◆ **Provided information**
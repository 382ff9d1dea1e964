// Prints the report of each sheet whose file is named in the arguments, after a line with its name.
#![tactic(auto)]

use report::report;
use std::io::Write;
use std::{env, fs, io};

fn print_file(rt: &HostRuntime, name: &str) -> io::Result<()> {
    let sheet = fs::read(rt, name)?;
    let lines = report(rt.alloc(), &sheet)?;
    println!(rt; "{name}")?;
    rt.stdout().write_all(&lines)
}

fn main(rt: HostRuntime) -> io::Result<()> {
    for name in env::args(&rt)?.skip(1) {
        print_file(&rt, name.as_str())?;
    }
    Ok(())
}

◆ **What to produce**
Retype every line of the data above exactly.

◆ **Response to the exercise**
repository 382ff9d1dea1e964
// Prints the report of each sheet whose file is named in the arguments, after a line with its name.
#![tactic(auto)]

use report::report;
use std::io::Write;
use std::{env, fs, io};

fn print_file(rt: &HostRuntime, name: &str) -> io::Result<()> {
    let sheet = fs::read(rt, name)?;
    let lines = report(rt.alloc(), &sheet)?;
    println!(rt; "{name}")?;
    rt.stdout().write_all(&lines)
}

fn main(rt: HostRuntime) -> io::Result<()> {
    for name in env::args(&rt)?.skip(1) {
        print_file(&rt, name.as_str())?;
    }
    Ok(())
}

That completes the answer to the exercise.